11. The method according to claim 9, wherein the neural network further comprises a position branch network, the method further comprises detecting a position information of the fingers comprised in the hand in the image, and the detecting the position information of the fingers comprised in the hand in the image comprises:

detecting the position information of the fingers comprised in the hand in the image via the position branch network of the neural network.

12. The method according to claim 9, wherein the neural network is obtained in advance by means of training by using a sample image with annotation information, the annotation information comprising first annotation information representing the states of the fingers, and/or second annotation information representing the position information of the fingers or the position information of the key points.

13. The method according to claim 12, wherein in the sample image, the second annotation information of the fingers in the non-outstretched state is not annotated.

14. The method according to claim 12, wherein the first annotation information comprises the state vector composed of a first identification value representing the state of each finger; and

the second annotation information comprises the position vector composed by a second identification value identifying the position information of each finger or the position information of the key points.
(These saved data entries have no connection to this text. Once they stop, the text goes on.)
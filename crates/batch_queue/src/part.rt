//! A batch as a part of its capture.

ghost use Rattle.std.specs.Prelude.{◌≡◌};
ghost use Rattle.pcap_reader.specs.Views.{file_of, part_of};

use crate::batch::Batch;
use capture_input::Part;
use pcap_reader::Capture;

impl Batch {
    /// The batch as a part of its capture.
    pub fn part(&self) -> Part<'_>
        ensures base { result.base ≡ self.now.base }
        ensures index { result.index.now ≡ self.now.index }
        ensures file { file_of result.capture ≡ part_of self.now.head self.now.bytes.items }
    {
        Part {
            capture: Capture::part(self.head, self.bytes.as_slice()),
            index: &self.index,
            base: self.base,
        }
    }
}
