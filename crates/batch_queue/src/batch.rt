//! A batch of records.

ghost use Rattle.std.specs.Prelude.{◌+◌, ◌<◌, ◌^◌, length};
ghost use Rattle.pcap_reader.specs.Index.{IsIndexOf};
ghost use Rattle.pcap_reader.specs.Views.{part_of};

use pcap_reader::{Head, RecordIndex};

/// Some records of a capture, one directly behind the other, and where they begin.
#[derive(Drop)]
pub struct Batch {
    /// The number of the batch, counted from 0.
    pub number: u64,
    /// How many records of the capture stand before its first.
    pub base: u64,
    /// What the file header of the capture tells.
    pub head: Head,
    /// Its bytes. Those behind its last record don't matter.
    pub bytes: Vec<u8>,
    /// Where its records begin.
    pub index: RecordIndex,
    pub ghost indexed: { IsIndexOf index (part_of head bytes.items) },
    pub ghost few: { base + length index.offsets < 2 ^ 32 },
}
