//! The rule of the queue, and what each kind of step tells.

use crate::batch::Batch;
use crate::seen::Seen;
use crossbeam_queue::protocol::{Join, Lesson, Outcome, Protocol, Split};

/// The rule that ties the queue to the passes.
pub struct Turn;

impl Protocol<Batch, Seen> for Turn {
    ghost use Rattle.batch_queue.specs.Queueing.{Queued, first_seen};

    ghost holds = { Queued };

    ghost first = { first_seen };
}

/// A batch that is put.
pub struct Puts;

impl Outcome<Batch, Seen> for Puts {
    ghost use Rattle.batch_queue.specs.Queueing.{HasPut};

    ghost then = { HasPut };
}

impl Lesson<Batch, Seen> for Puts {
    ghost use Rattle.batch_queue.specs.Queueing.{Knows};

    ghost fact = { Knows };
}

/// A batch that is taken.
pub struct Takes;

impl Outcome<Batch, Seen> for Takes {
    ghost use Rattle.batch_queue.specs.Queueing.{HasTaken};

    ghost then = { HasTaken };
}

impl Lesson<Batch, Seen> for Takes {
    ghost use Rattle.batch_queue.specs.Queueing.{Knows};

    ghost fact = { Knows };
}

/// Passes that are made and united.
pub struct Seats;

impl Split<Seen> for Seats {
    ghost use Rattle.batch_queue.specs.Queueing.{with_another, other_seen};

    ghost left = { with_another };

    ghost right = { λ v. other_seen };
}

impl Join<Seen> for Seats {
    ghost use Rattle.batch_queue.specs.Queueing.{both_of, spent_pass};

    ghost both = { both_of };

    ghost spent = { spent_pass };
}
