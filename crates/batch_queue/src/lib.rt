//! A bounded queue of batches, by which one thread hands whole records of a capture to others.
//!
//! A [`Batch`] is some whole records, one directly behind the other, with their index, the number of the batch and the
//! number of the first of its records. [`BatchQueue::open`] makes a [`Feed`] for the reader and a [`QueuePass`] for
//! each other seat. The reader offers batches in rising order ([`BatchQueue::offer`]), until it says that no more come
//! ([`BatchQueue::end`]); any pass takes the batch at the front ([`BatchQueue::take`]), and asks whether it was said
//! ([`BatchQueue::is_ended`]). Passes are united by [`BatchQueue::unite`]: what a pass of all seats took, and what is
//! left in the queue, are the batches that were put, each once.
//!
//! The queue is the kit's ruled array queue. Its rule, `Queued` in `specs/Queueing.antt`, holds between any two steps,
//! whatever the threads do in turn. So does that of the word that no more batches come, `Ends` in `specs/Saying.antt`.
#![tactic(auto)]

mod batch;
mod ending;
mod heard;
mod part;
mod queue;
mod rule;
mod seen;

pub use batch::Batch;
pub use no_memory::NoMemory;
pub use queue::{BatchQueue, Feed, QueuePass};
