//! What a pass knows of the word that no more batches come.

/// What a pass knows of the word that no more batches come: contracts alone see it, and no value of it is made.
pub struct Heard {
    /// The right to put batches and to say that no more come: 1 for the reader's pass until it has said so, else 0.
    pub right: u64,
    /// Above 0 where the pass knows that it was said.
    pub told: u64,
}
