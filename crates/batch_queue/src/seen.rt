//! What a pass knows of the queue.

use crate::batch::Batch;
use std::collections::LinkedList;

/// What a pass knows: contracts alone see it, and no value of it is made.
pub struct Seen {
    /// Whether it may put batches: the reader's pass alone.
    pub reader: bool,
    /// How many seats the pass stands for.
    pub seats: u64,
    /// How many other seats the queue was opened with; the reader's pass knows it.
    pub others: u64,
    /// The batches that it put, in order.
    pub put: LinkedList<Batch>,
    /// The batches that it took.
    pub took: LinkedList<Batch>,
}
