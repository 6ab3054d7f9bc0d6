//! The queue and its passes.

ghost use Rattle.std.specs.Prelude.{◌≡◌, ◌<◌};

use crate::batch::Batch;
use crate::ending::Ending;
use crate::heard::Heard;
use crate::rule::Turn;
use crate::seen::Seen;
use atomic_table::{Seat, Table};
use crossbeam_queue::{Pass, RuledArrayQueue};
use std::alloc::Global;

mod all;
mod calls;

/// A queue of batches.
#[derive(Drop)]
pub struct BatchQueue {
    line: RuledArrayQueue<Batch, Seen, Turn, Global>,
    /// One word: 1 once it was said that no more batches come, else 0.
    ended: Table<(), Heard, (), Ending, Global>,
    ghost one_word: { ended.shared.table_id.words ≡ 1 },
}

/// What one seat put and took, or several together.
#[derive(Drop)]
pub struct QueuePass {
    pass: Pass<Batch, Seen>,
    /// Its seat at the word that no more batches come.
    seat: Seat<(), Heard>,
    ghost seated: { 0 < pass.me.0.client.seats },
}

/// The reader's pass, which puts batches until it says that no more come.
#[derive(Drop)]
pub struct Feed {
    pass: QueuePass,
}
15. The method according to claim 9, wherein training steps of the neural network comprises:

inputting the sample image of a hand into the neural network to obtain the states of fingers in the hand;

determining position weights of the fingers according to the states of the fingers;

determining the loss of the gesture prediction result of the neural network according to the states and the position weights of the fingers; and

back-propagating the loss to the neural network, so as to adjust network parameters of the neural network.

16. The method according to claim 15, wherein inputting the sample image of the hand into the neural network to obtain the states of the fingers in the hand comprises:

inputting the sample image of the hand into the neural network to obtain the states and the position information of fingers in the hand; and

the determining the loss of the gesture prediction result of the neural network according to the states and the position weights of the fingers comprises:

determining the loss of the gesture prediction result of the neural network according to the states, the position information, and the position weights of the fingers.

17. The method according to claim 15, wherein determining the position weights of the fingers according to the states of the fingers comprises:

when the states of the fingers are the non-outstretched state, determining that the position weights of the fingers are zero weight.

18. The method according to claim 1, further comprising:

acquiring, according to a predetermined mapping relationship between the gesture and a control instruction, a control instruction corresponding to a determined result of the gesture, and controlling, according to the control instruction, an electronic device to execute a corresponding operation;

or,

determining a special effect corresponding to the determined result of the gesture according to the predetermined mapping relationship between the gesture and a special effect, and drawing the special effect on the mage by means of computer drawing.

19. An electronic device, comprising:

a processor; and

a memory configured to store processor-executable instructions,

wherein the processor is configured to invoke the instructions stored in the memory, so as to:

detect states of fingers comprised in a hand in an image;

determine a state vector of the hand according to the states of the fingers; and

determine the gesture of the hand according to the state vector of the hand.

20. A non-transitory computer-readable storage medium, having computer program instructions stored thereon, wherein when the computer program instructions are executed by a processor, the processor is caused to perform the operations of:

detecting states of fingers comprised in a hand in an image;

determining the gesture of the hand according to the state vector of the hand.